**Exercise aim:** Transcribe the records in their entirety, exactly as given.

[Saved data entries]
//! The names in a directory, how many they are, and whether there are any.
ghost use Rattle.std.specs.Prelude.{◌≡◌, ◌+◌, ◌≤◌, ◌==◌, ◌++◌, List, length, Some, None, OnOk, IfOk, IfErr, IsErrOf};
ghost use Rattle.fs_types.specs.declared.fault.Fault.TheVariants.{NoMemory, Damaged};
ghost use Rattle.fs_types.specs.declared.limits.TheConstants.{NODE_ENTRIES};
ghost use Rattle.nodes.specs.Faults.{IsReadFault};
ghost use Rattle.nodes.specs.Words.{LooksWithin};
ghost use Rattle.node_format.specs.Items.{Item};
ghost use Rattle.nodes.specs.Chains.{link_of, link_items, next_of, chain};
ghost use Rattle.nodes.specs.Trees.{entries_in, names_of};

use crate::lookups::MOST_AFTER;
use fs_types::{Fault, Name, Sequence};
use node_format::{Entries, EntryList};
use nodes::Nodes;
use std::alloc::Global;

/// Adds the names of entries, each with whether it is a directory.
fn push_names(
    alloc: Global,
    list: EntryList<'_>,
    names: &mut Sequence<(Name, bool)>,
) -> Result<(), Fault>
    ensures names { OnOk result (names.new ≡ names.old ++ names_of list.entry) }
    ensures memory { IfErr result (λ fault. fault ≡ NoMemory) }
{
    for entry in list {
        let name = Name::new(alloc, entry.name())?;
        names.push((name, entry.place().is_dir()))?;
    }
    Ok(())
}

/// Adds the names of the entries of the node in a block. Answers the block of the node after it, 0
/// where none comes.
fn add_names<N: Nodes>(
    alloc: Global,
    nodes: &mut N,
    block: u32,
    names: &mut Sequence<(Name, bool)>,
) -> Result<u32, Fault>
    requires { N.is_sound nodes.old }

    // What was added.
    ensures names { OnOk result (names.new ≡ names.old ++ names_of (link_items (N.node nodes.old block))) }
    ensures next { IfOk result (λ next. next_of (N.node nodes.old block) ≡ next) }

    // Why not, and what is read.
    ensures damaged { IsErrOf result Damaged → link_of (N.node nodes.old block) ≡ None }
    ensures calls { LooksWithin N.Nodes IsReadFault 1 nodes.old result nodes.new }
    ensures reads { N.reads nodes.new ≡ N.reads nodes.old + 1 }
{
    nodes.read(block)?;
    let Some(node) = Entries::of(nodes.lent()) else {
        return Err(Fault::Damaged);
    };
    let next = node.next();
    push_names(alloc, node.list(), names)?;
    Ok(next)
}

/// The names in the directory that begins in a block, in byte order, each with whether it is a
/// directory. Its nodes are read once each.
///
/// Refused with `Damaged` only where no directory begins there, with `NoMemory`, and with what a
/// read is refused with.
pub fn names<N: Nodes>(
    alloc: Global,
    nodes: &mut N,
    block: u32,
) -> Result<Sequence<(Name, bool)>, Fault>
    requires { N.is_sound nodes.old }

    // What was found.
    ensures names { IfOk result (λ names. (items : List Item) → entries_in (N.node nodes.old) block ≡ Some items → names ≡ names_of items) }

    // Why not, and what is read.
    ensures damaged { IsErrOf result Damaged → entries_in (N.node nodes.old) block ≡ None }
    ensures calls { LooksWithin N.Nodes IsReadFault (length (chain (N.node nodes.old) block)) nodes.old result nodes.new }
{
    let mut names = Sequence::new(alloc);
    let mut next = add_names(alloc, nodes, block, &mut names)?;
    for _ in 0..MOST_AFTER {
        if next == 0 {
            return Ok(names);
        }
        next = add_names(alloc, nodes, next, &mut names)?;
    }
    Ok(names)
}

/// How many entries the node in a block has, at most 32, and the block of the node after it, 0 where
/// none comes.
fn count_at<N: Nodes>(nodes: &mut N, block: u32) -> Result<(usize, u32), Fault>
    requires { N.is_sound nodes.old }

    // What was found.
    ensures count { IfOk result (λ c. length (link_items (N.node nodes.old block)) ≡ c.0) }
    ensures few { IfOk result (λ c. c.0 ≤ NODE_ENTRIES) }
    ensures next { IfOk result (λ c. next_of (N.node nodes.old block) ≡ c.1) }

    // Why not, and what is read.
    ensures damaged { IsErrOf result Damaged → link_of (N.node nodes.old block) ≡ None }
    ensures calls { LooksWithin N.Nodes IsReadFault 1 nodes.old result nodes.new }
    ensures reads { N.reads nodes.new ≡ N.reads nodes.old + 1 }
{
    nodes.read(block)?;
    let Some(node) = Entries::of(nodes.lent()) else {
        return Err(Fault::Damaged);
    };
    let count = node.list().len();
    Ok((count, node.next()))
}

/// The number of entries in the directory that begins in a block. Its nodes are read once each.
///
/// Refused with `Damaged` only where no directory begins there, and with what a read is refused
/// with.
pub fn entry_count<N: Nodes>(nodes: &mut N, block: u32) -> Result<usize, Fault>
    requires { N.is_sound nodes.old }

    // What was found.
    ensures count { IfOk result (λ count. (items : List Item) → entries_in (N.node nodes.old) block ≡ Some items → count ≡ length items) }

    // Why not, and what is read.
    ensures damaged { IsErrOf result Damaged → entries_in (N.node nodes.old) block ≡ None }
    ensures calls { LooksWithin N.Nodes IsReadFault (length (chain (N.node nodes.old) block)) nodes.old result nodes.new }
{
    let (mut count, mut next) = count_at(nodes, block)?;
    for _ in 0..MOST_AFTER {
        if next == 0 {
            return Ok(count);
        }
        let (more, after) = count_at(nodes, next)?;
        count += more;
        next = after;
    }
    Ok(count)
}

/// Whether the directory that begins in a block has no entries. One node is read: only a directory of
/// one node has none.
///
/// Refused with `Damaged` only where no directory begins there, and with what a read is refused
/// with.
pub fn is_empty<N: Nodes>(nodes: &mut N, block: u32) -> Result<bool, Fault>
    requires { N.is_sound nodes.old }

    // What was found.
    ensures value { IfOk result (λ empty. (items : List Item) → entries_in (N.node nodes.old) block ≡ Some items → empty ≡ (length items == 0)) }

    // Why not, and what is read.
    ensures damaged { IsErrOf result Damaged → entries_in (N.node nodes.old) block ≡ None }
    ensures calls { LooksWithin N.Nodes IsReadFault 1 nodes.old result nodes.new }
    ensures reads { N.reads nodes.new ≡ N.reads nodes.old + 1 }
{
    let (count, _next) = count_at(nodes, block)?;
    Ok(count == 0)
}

**Solution to this problem:**
//! The names in a directory, how many they are, and whether there are any.
ghost use Rattle.std.specs.Prelude.{◌≡◌, ◌+◌, ◌≤◌, ◌==◌, ◌++◌, List, length, Some, None, OnOk, IfOk, IfErr, IsErrOf};
ghost use Rattle.fs_types.specs.declared.fault.Fault.TheVariants.{NoMemory, Damaged};
ghost use Rattle.fs_types.specs.declared.limits.TheConstants.{NODE_ENTRIES};
ghost use Rattle.nodes.specs.Faults.{IsReadFault};
ghost use Rattle.nodes.specs.Words.{LooksWithin};
ghost use Rattle.node_format.specs.Items.{Item};
ghost use Rattle.nodes.specs.Chains.{link_of, link_items, next_of, chain};
ghost use Rattle.nodes.specs.Trees.{entries_in, names_of};

use crate::lookups::MOST_AFTER;
use fs_types::{Fault, Name, Sequence};
use node_format::{Entries, EntryList};
use nodes::Nodes;
use std::alloc::Global;

/// Adds the names of entries, each with whether it is a directory.
fn push_names(
    alloc: Global,
    list: EntryList<'_>,
    names: &mut Sequence<(Name, bool)>,
) -> Result<(), Fault>
    ensures names { OnOk result (names.new ≡ names.old ++ names_of list.entry) }
    ensures memory { IfErr result (λ fault. fault ≡ NoMemory) }
{
    for entry in list {
        let name = Name::new(alloc, entry.name())?;
        names.push((name, entry.place().is_dir()))?;
    }
    Ok(())
}

/// Adds the names of the entries of the node in a block. Answers the block of the node after it, 0
/// where none comes.
fn add_names<N: Nodes>(
    alloc: Global,
    nodes: &mut N,
    block: u32,
    names: &mut Sequence<(Name, bool)>,
) -> Result<u32, Fault>
    requires { N.is_sound nodes.old }

    // What was added.
    ensures names { OnOk result (names.new ≡ names.old ++ names_of (link_items (N.node nodes.old block))) }
    ensures next { IfOk result (λ next. next_of (N.node nodes.old block) ≡ next) }

    // Why not, and what is read.
    ensures damaged { IsErrOf result Damaged → link_of (N.node nodes.old block) ≡ None }
    ensures calls { LooksWithin N.Nodes IsReadFault 1 nodes.old result nodes.new }
    ensures reads { N.reads nodes.new ≡ N.reads nodes.old + 1 }
{
    nodes.read(block)?;
    let Some(node) = Entries::of(nodes.lent()) else {
        return Err(Fault::Damaged);
    };
    let next = node.next();
    push_names(alloc, node.list(), names)?;
    Ok(next)
}

/// The names in the directory that begins in a block, in byte order, each with whether it is a
/// directory. Its nodes are read once each.
///
/// Refused with `Damaged` only where no directory begins there, with `NoMemory`, and with what a
/// read is refused with.
pub fn names<N: Nodes>(
    alloc: Global,
    nodes: &mut N,
    block: u32,
) -> Result<Sequence<(Name, bool)>, Fault>
    requires { N.is_sound nodes.old }

    // What was found.
    ensures names { IfOk result (λ names. (items : List Item) → entries_in (N.node nodes.old) block ≡ Some items → names ≡ names_of items) }

    // Why not, and what is read.
    ensures damaged { IsErrOf result Damaged → entries_in (N.node nodes.old) block ≡ None }
    ensures calls { LooksWithin N.Nodes IsReadFault (length (chain (N.node nodes.old) block)) nodes.old result nodes.new }
{
    let mut names = Sequence::new(alloc);
    let mut next = add_names(alloc, nodes, block, &mut names)?;
    for _ in 0..MOST_AFTER {
        if next == 0 {
            return Ok(names);
        }
        next = add_names(alloc, nodes, next, &mut names)?;
    }
    Ok(names)
}

/// How many entries the node in a block has, at most 32, and the block of the node after it, 0 where
/// none comes.
fn count_at<N: Nodes>(nodes: &mut N, block: u32) -> Result<(usize, u32), Fault>
    requires { N.is_sound nodes.old }

    // What was found.
    ensures count { IfOk result (λ c. length (link_items (N.node nodes.old block)) ≡ c.0) }
    ensures few { IfOk result (λ c. c.0 ≤ NODE_ENTRIES) }
    ensures next { IfOk result (λ c. next_of (N.node nodes.old block) ≡ c.1) }

    // Why not, and what is read.
    ensures damaged { IsErrOf result Damaged → link_of (N.node nodes.old block) ≡ None }
    ensures calls { LooksWithin N.Nodes IsReadFault 1 nodes.old result nodes.new }
    ensures reads { N.reads nodes.new ≡ N.reads nodes.old + 1 }
{
    nodes.read(block)?;
    let Some(node) = Entries::of(nodes.lent()) else {
        return Err(Fault::Damaged);
    };
    let count = node.list().len();
    Ok((count, node.next()))
}

/// The number of entries in the directory that begins in a block. Its nodes are read once each.
///
/// Refused with `Damaged` only where no directory begins there, and with what a read is refused
/// with.
pub fn entry_count<N: Nodes>(nodes: &mut N, block: u32) -> Result<usize, Fault>
    requires { N.is_sound nodes.old }

    // What was found.
    ensures count { IfOk result (λ count. (items : List Item) → entries_in (N.node nodes.old) block ≡ Some items → count ≡ length items) }

    // Why not, and what is read.
    ensures damaged { IsErrOf result Damaged → entries_in (N.node nodes.old) block ≡ None }
    ensures calls { LooksWithin N.Nodes IsReadFault (length (chain (N.node nodes.old) block)) nodes.old result nodes.new }
{
    let (mut count, mut next) = count_at(nodes, block)?;
    for _ in 0..MOST_AFTER {
        if next == 0 {
            return Ok(count);
        }
        let (more, after) = count_at(nodes, next)?;
        count += more;
        next = after;
    }
    Ok(count)
}

/// Whether the directory that begins in a block has no entries. One node is read: only a directory of
/// one node has none.
///
/// Refused with `Damaged` only where no directory begins there, and with what a read is refused
/// with.
pub fn is_empty<N: Nodes>(nodes: &mut N, block: u32) -> Result<bool, Fault>
    requires { N.is_sound nodes.old }

    // What was found.
    ensures value { IfOk result (λ empty. (items : List Item) → entries_in (N.node nodes.old) block ≡ Some items → empty ≡ (length items == 0)) }

    // Why not, and what is read.
    ensures damaged { IsErrOf result Damaged → entries_in (N.node nodes.old) block ≡ None }
    ensures calls { LooksWithin N.Nodes IsReadFault 1 nodes.old result nodes.new }
    ensures reads { N.reads nodes.new ≡ N.reads nodes.old + 1 }
{
    let (count, _next) = count_at(nodes, block)?;
    Ok(count == 0)
}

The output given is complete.